### TASK DIRECTIONS
Return verbatim every line from the first line of the data below to the line that contains "The count itself.", inclusive, and no further.

Dataset entries:
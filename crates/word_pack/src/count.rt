ghost use Rattle.std.specs.Prelude.{◌≡◌, Some, IfSome};
ghost use Rattle.word_pack.specs.declared.count.CountForm.{CountForm};
ghost use Rattle.word_pack.specs.CountWords.{FitsCount, count_word, IsCountWord};

use crate::layout::{CONDITIONAL, COUNT, DESCRIPTOR, ENTRY, FRESH, HELPER, PLAIN, REFERENCE, TAG};

/// What the word of the cancellation count says.
///
/// A descriptor's number is `8 * caller + k`, with k from 0 to 7. The entry of the count is 1,023.
#[derive(Clone, Copy, Debug, PartialEq, Eq)]
pub enum CountForm {
    /// The count itself.
    Plain {
        count: u64,
    },
    /// A descriptor's entry, installed by a helper under its install's number, and not in force yet.
    Conditional {
        entry: u32,
        descriptor: u32,
        helper: u32,
        fresh: u64,
    },
    /// A descriptor's entry, whose status decides between the old count and the new one.
    Reference {
        entry: u32,
        descriptor: u32,
    },
}

/// The word of a form.
pub fn pack_count(form: CountForm) -> u64
    requires { FitsCount form }
    ensures { result ≡ count_word form }
{
    match form {
        CountForm::Plain { count } => COUNT.put(PLAIN, count),
        CountForm::Conditional {
            entry,
            descriptor,
            helper,
            fresh,
        } => {
            let word = ENTRY.put(CONDITIONAL, u64::from(entry));
            let word = DESCRIPTOR.put(word, u64::from(descriptor));
            let word = HELPER.put(word, u64::from(helper));
            FRESH.put(word, fresh)
        }
        CountForm::Reference { entry, descriptor } => {
            let word = ENTRY.put(REFERENCE, u64::from(entry));
            DESCRIPTOR.put(word, u64::from(descriptor))
        }
    }
}

/// The form of a word, or None where it is the word of no form.
pub fn unpack_count(word: u64) -> Option<CountForm>
    ensures form { IfSome result (λ form. IsCountWord form word) }
    ensures every { (form : CountForm) → IsCountWord form word → result ≡ Some form }
{
    match TAG.of(word) {
        PLAIN if COUNT.is_last_of(word) => Some(CountForm::Plain {
            count: COUNT.of(word),
        }),
        CONDITIONAL => Some(CountForm::Conditional {
            entry: ENTRY.of(word) as u32,
            descriptor: DESCRIPTOR.of(word) as u32,
            helper: HELPER.of(word) as u32,
            fresh: FRESH.of(word),
        }),
        REFERENCE if DESCRIPTOR.is_last_of(word) => Some(CountForm::Reference {
            entry: ENTRY.of(word) as u32,
            descriptor: DESCRIPTOR.of(word) as u32,
        }),
        _ => None,
    }
}
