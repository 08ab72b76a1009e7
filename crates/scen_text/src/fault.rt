ghost use Rattle.std.specs.Prelude.{◌≡◌, Err};
ghost use Rattle.scen_text.specs.declared.fault.ScenFault.TheVariants.{Memory};

use std::alloc::{AllocError, AllocFailed};
use thiserror::Error;

/// What is wrong with a line of a scenario.
#[derive(Clone, Copy, Debug, PartialEq, Eq)]
pub enum ScenKind {
    /// The first line that isn't empty isn't the word `version` and one further field, or no line
    /// is there; the line is then the one after the last.
    BadVersion = 1,
    /// A row hasn't nine fields.
    FieldCount = 2,
    /// A size or a place is no number, or is over 4,294,967,295.
    BadNumber = 3,
    /// The sizes of a row aren't those of the grid.
    SizeDiffers = 4,
    /// A start or a goal isn't on the grid.
    Outside = 5,
    /// No number of rows to take was given, and this is row 32,768.
    TooMany = 6,
}

/// Why there are no requests: the first fault of the text, or want of memory.
#[derive(Clone, Copy, Debug, PartialEq, Eq, Error)]
pub enum ScenFault {
    /// The first line with a fault, counted from 1, and what is wrong with it.
    #[error("line {line}: {kind:?}")]
    At { line: u32, kind: ScenKind },
    #[error("out of memory")]
    Memory,
}

impl From<AllocError> for ScenFault {
    ghost from_gives = { λ _ e. e ≡ Memory };

    fn from(_cause: AllocError) -> ScenFault {
        ScenFault::Memory
    }
}

// So that a `push(x)?` converts.
impl<T: Drop> From<AllocFailed<T>> for ScenFault {
    ghost from_gives = { λ _ e. e ≡ Memory };

    fn from(_refused: AllocFailed<T>) -> ScenFault {
        ScenFault::Memory
    }
}

pub fn fault<T>(line: u32, kind: ScenKind) -> Result<T, ScenFault>
    ensures { result ≡ Err (ScenFault.At line kind) }
{
    Err(ScenFault::At { line, kind })
}
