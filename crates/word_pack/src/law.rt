ghost use Rattle.word_pack.specs.Packing.{IsOneToOne};
ghost use Rattle.word_pack.specs.CellWords.{FitsCell, cell_word};
ghost use Rattle.word_pack.specs.CountWords.{FitsCount, count_word};
ghost use Rattle.word_pack.specs.StatusWords.{FitsStatus, status_word};
ghost use Rattle.word_pack.specs.EntryWords.{FitsEntry, entry_word};
ghost use Rattle.word_pack.specs.RecordWords.{FitsRecord, record_word};
ghost use Rattle.word_pack.specs.RowHeadWords.{FitsRowHead, row_head_word};

/// Of each kind, two forms that have one word are one form. It does nothing when it runs.
pub fn packing_law()
    ensures cells { IsOneToOne FitsCell cell_word }
    ensures counts { IsOneToOne FitsCount count_word }
    ensures statuses { IsOneToOne FitsStatus status_word }
    ensures entries { IsOneToOne FitsEntry entry_word }
    ensures records { IsOneToOne FitsRecord record_word }
    ensures row_heads { IsOneToOne FitsRowHead row_head_word }
{}
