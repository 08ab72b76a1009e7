ghost use Rattle.std.specs.Prelude.{◌≡◌};
ghost use Rattle.word_pack.specs.declared.entry.EntryForm.{EntryForm};
ghost use Rattle.word_pack.specs.EntryWords.{FitsEntry, entry_word, IsEntryWord};

use crate::layout::{CELL, NEW, OLD};

/// One entry of a descriptor: a cell, and its rows before and after the swap.
#[derive(Clone, Copy, Debug, PartialEq, Eq)]
pub struct EntryForm {
    pub cell: u32,
    pub old: u32,
    pub new: u32,
}

/// The word of an entry.
pub fn pack_entry(form: EntryForm) -> u64
    requires { FitsEntry form }
    ensures { result ≡ entry_word form }
{
    let word = CELL.put(0, u64::from(form.cell));
    let word = OLD.put(word, u64::from(form.old));
    NEW.put(word, u64::from(form.new))
}

/// The entry of a word. Every word has one.
pub fn unpack_entry(word: u64) -> EntryForm
    ensures form { IsEntryWord result word }
    ensures every { (form : EntryForm) → IsEntryWord form word → result ≡ form }
{
    EntryForm {
        cell: CELL.of(word) as u32,
        old: OLD.of(word) as u32,
        new: NEW.of(word) as u32,
    }
}
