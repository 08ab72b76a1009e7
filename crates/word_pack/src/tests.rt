use super::*;

#[test]
fn packs_the_examples(rt: HostRuntime) {
    let words = [
        pack_cell(CellForm::Plain { row: 5 }),
        pack_cell(CellForm::Conditional {
            entry: 1023,
            descriptor: 17,
            helper: 2,
            fresh: 1,
        }),
        pack_cell(CellForm::Reference {
            entry: 2,
            descriptor: 3,
        }),
        pack_count(CountForm::Plain { count: 3 }),
        pack_status(StatusForm::Undecided),
        pack_status(StatusForm::Failed {
            entry: 2,
            held: false,
        }),
        pack_entry(EntryForm {
            cell: 1,
            old: 0,
            new: 1,
        }),
        pack_record(RecordForm {
            from: 2,
            to: 3,
            stamp: 1,
            caller: 0,
        }),
        pack_row_head(RowHead { count: 15, next: 1 }),
    ];
    let wanted = [
        20,
        35_794_941,
        24_586,
        12,
        1,
        11,
        4_398_046_511_105,
        4_295_163_906,
        31,
    ];
    assert_eq!(rt; words, wanted);
}

#[test]
fn unpacks_the_examples(rt: HostRuntime) {
    assert_eq!(rt; unpack_cell(20), Some(CellForm::Plain { row: 5 }));
    assert_eq!(rt; unpack_cell(3), None);
    assert_eq!(rt; unpack_count(12), Some(CountForm::Plain { count: 3 }));
    assert_eq!(rt; unpack_status(1), Some(StatusForm::Undecided));
    assert_eq!(rt; unpack_status(4), None);
    let failed = StatusForm::Failed {
        entry: 2,
        held: false,
    };
    assert_eq!(rt; unpack_status(11), Some(failed));
    let entry = EntryForm {
        cell: 1,
        old: 0,
        new: 1,
    };
    assert_eq!(rt; unpack_entry(4_398_046_511_105), entry);
    let record = RecordForm {
        from: 2,
        to: 3,
        stamp: 1,
        caller: 0,
    };
    assert_eq!(rt; unpack_record(4_295_163_906), record);
    let head = RowHead { count: 15, next: 1 };
    assert_eq!(rt; unpack_row_head(31 + (1 << 26)), head);
}
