// Words of 64 bits that hold several numbers each: what a shared table's words, its descriptors and its rows say.
// Its one contract: unpacking a packed form gives the form, and a word that unpacks to none is of no form.
// `field` and `layout` say where each number stands; each other module has one form with its two calls.
// `law` carries that two forms with one word are one form.
#![tactic(auto)]

mod cell;
mod count;
mod entry;
mod field;
mod law;
mod layout;
mod record;
mod row_head;
mod status;
#[cfg(test)]
mod tests;

pub use cell::{CellForm, pack_cell, unpack_cell};
pub use count::{CountForm, pack_count, unpack_count};
pub use entry::{EntryForm, pack_entry, unpack_entry};
pub use law::packing_law;
pub use record::{RecordForm, pack_record, unpack_record};
pub use row_head::{RowHead, pack_row_head, unpack_row_head};
pub use status::{StatusForm, pack_status, unpack_status};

### ANSWER TO THIS PROBLEM
filename crates/word_pack/src/count.rt
ghost use Rattle.std.specs.Prelude.{◌≡◌, Some, IfSome};
ghost use Rattle.word_pack.specs.declared.count.CountForm.{CountForm};
ghost use Rattle.word_pack.specs.CountWords.{FitsCount, count_word, IsCountWord};

use crate::layout::{CONDITIONAL, COUNT, DESCRIPTOR, ENTRY, FRESH, HELPER, PLAIN, REFERENCE, TAG};

/// What the word of the cancellation count says.
///
/// A descriptor's number is `8 * caller + k`, with k from 0 to 7. The entry of the count is 1,023.
#[derive(Clone, Copy, Debug, PartialEq, Eq)]
pub enum CountForm {
    /// The count itself.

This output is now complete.